Open Yuki-yt3 opened 4 months ago
This function is the selection of the target speaker, and we refer to the idea of the least likely class in adversarial attacks for implementation.
This function is not the core code of this paper, please implement by yourself.
Thanks for your code, I'd like to ask some details of the experiement:
(1)First, how to start the project, what parameters and files should I consider iif I'd use your data_utils.py
and attack_utils.py
to implement the attack.py
like Repostories in AttackVC. For instance, what is the parameter "init_c" look like in the function mask_wav_emb_attack , is it the alpha parameter in Algorithm 1?
(2)Second, I‘d also like to ask the details about from data_utils import wav2mel_tensor, Transform
. As the code described, I guess the function Transform
is related to the Power Spectral Density because of the output parameter psd_transformer
, is the implement similar to the codes in generate_masking_threshold.py
? Besides, what are the detailed components of **kwargs
? Given that psd_transformer serves as the input for the function deal_mask_wav_emb_attack_1
, it is necessary to understand what kwargs entails.
(3)Last but not least, Could you please explain the details of the Binary Search algorithm, as indicated in line 89 of Algorithm 1? It appears that the function deal_mask_wav_emb_attack_2
implements weighted loss instead of masking threhold loss in equation 7. However, I am not entirely clear on how the parameter 'c' (may be referred to as 'alpha' in the paper) updated in the binary search.
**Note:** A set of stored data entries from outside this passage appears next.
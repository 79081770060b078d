//! System V hash tables (gABI, "Hash Table").

ghost use Rattle.std.specs.Prelude.{◌≡◌, ℕ, ◌^◌, ◌<◌, ◌==◌, ◌&&◌, not, nat_le, IfOk, None, Some, if◌then◌else◌, length, map, slice_index};
ghost use Rattle.ld_base.specs.Symbol.{is_visible_definition};
ghost use Rattle.std.specs.List.{list_all, slice_get};
ghost use Rattle.std.specs.Option.{option_or};
ghost use Rattle.sym_hash.specs.Follow.{AreTrips, arrives, start_to, trip_from};
ghost use Rattle.sym_hash.specs.Hashed.{first_lost};
ghost use Rattle.sym_hash.specs.Sysv.{sysv_bucket, sysv_leads, sysv_walks_end};

use crate::follow::{Start, Trip, follow_all};
use crate::gnu::bucket_of;
use ld_base::{Symbol, SysvPart};
use std::alloc::{AllocError, Global};

/// The trips from each symbol of as many links as there are chain words.
fn full_trips(alloc: Global, chain: &[u32]) -> Result<Vec<Trip>, AllocError>
    requires { length chain.now < 2 ^ 32 }
    ensures { IfOk result (λ trips. AreTrips chain.now (length chain.now) trips.items) }
{
    let steps = chain.len() as u32;
    let mut starts = Vec::with_capacity(alloc, chain.len())?;
    for from in 0..steps {
        starts.push(Start { from, steps })?;
    }
    follow_all(alloc, chain, &starts)
}

/// The trip from a symbol.
fn trip_from(trips: &[Trip], at: u32) -> Trip
    ensures { result ≡ trip_from trips.now at }
{
    if (at as usize) < trips.len() {
        trips[at as usize]
    } else {
        Trip { end: at, links: 0 }
    }
}

/// Whether each of these trips comes to 0.
fn all_end(trips: &[Trip], buckets: &[u32]) -> bool
    ensures { result ≡ list_all (λ b. (trip_from trips.now b).end == 0) buckets.now }
{
    buckets
        .iter()
        .all(|bucket| trip_from(trips, *bucket).end == 0)
}

/// The walk from a bucket that comes to a symbol, if any does.
fn start_to(trips: &[Trip], bucket: u32, symbol: u32) -> Start
    requires { (at : ℕ) → (trip_from trips.now at).links < 2 ^ 32 }
    ensures { result ≡ start_to trips.now bucket symbol }
{
    let whole = trip_from(trips, bucket).links;
    let rest = trip_from(trips, symbol).links;
    Start {
        from: bucket,
        steps: whole.saturating_sub(rest) as u32,
    }
}

/// The walks to each symbol, from the bucket of its hash.
fn starts_of(
    alloc: Global,
    sysv: &SysvPart,
    trips: &[Trip],
    hashes: &[u32],
) -> Result<Vec<Start>, AllocError>
    requires short { (at : ℕ) → (trip_from trips.now at).links < 2 ^ 32 }
    requires few { length hashes.now < 2 ^ 32 }
    ensures length { IfOk result (λ starts. length starts.items ≡ length hashes.now) }
    ensures starts { IfOk result (λ starts. (i hash : ℕ) → slice_get hashes.now i ≡ Some hash
        → slice_get starts.items i ≡ Some (start_to trips.now (sysv_bucket sysv.now hash) i)) }
{
    let mut starts = Vec::with_capacity(alloc, hashes.len())?;
    for (index, hash) in hashes.iter().enumerate() {
        let bucket = bucket_of(sysv.buckets.as_slice(), *hash).unwrap_or(0);
        starts.push(start_to(trips, bucket, index as u32))?;
    }
    Ok(starts)
}

/// Whether the walk to a symbol has come to it.
fn arrives(arrived: &[Trip], symbol: u32) -> bool
    ensures { result ≡ arrives arrived.now symbol }
{
    symbol != 0 && trip_from(arrived, symbol).end == symbol
}

/// Whether the symbol is an exported definition to which its walk hasn't come.
fn is_lost(arrived: &[Trip], symbol: &Symbol, first: u32, index: u32) -> bool
    ensures { result ≡ (nat_le first index && is_visible_definition symbol.now && not (arrives arrived.now index)) }
{
    index >= first && symbol.is_visible_definition() && !arrives(arrived, index)
}

/// The first exported definition to which its walk hasn't come.
#[tactic(auto, unfolding(crate::specs::Hashed::first_lost), using(crate::proofs::Following::lost_here, crate::proofs::Following::not_lost))]
fn first_lost(symbols: &[Symbol], arrived: &[Trip], first: u32) -> Option<usize>
    requires { length symbols.now < 2 ^ 32 }
    ensures { result ≡ first_lost (arrives arrived.now) (map is_visible_definition symbols.now) first }
{
    for (index, symbol) in symbols.iter().enumerate() {
        if is_lost(arrived, symbol, first, index as u32) {
            return Some(index);
        }
    }
    None
}

/// What breaks rule 19, of symbols whose names have these hashes.
#[tactic(auto, using(crate::proofs::Following::links_few))]
pub(crate) fn unmet(
    alloc: Global,
    sysv: &SysvPart,
    symbols: &[Symbol],
    hashes: &[u32],
    first: u32,
) -> Result<Option<usize>, AllocError>
    requires chain { length sysv.now.chain < 2 ^ 32 }
    requires few { length symbols.now < 2 ^ 32 }
    requires same { length hashes.now ≡ length symbols.now }
    ensures { IfOk result (λ number. number ≡ option_or (if sysv_walks_end sysv.now then None
        else Some 0) (first_lost (λ i. sysv_leads sysv.now (slice_index hashes.now i) i) (map is_visible_definition symbols.now) first)) }
{
    let chain = sysv.chain.as_slice();
    let trips = full_trips(alloc, chain)?;
    if !all_end(&trips, sysv.buckets.as_slice()) {
        return Ok(Some(0));
    }
    let starts = starts_of(alloc, sysv, &trips, hashes)?;
    let arrived = follow_all(alloc, chain, &starts)?;
    Ok(first_lost(symbols, &arrived, first))
}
Additionally, I'd also like to inquire about the meanings of the variables attack_flag
and false_c
respectively, is it consider about the scenarios considering no attacks or no masking_threhold?
Many thanks for the open-sourcing code again, and looking forward to your reply!
(1)
init_c = 1.0
,c
is alpha; (2) The implementation of the Transformer class has been submitted;model, config, attr, device = load_model(model_dir)
,**kwargs=**config["preprocess"]
; (3) Please refer to Equation 8; You can implement the alphas however you like. It only affects efficiency.attack_flag
represents the determination of whether the defense is successful or not.false_c
represents the value ofalpha
when the defense fails.
This algorithm is no longer maintained, please implement it as you wish.
Thanks to the code and parameters provided, I ran through the code based on the following steps:
(1) Comment the lines of code from asr_model.find_most_unlikely_speaker import speaker_name
, and instead predefining my list variable speaker_name
which contains multiple speakers and a dictionary path variable speaker_embedding_dict
consists of these speakers and their representations;
(2) On the basis of default parameters in AttackVC and kwargs = config["preprocess"]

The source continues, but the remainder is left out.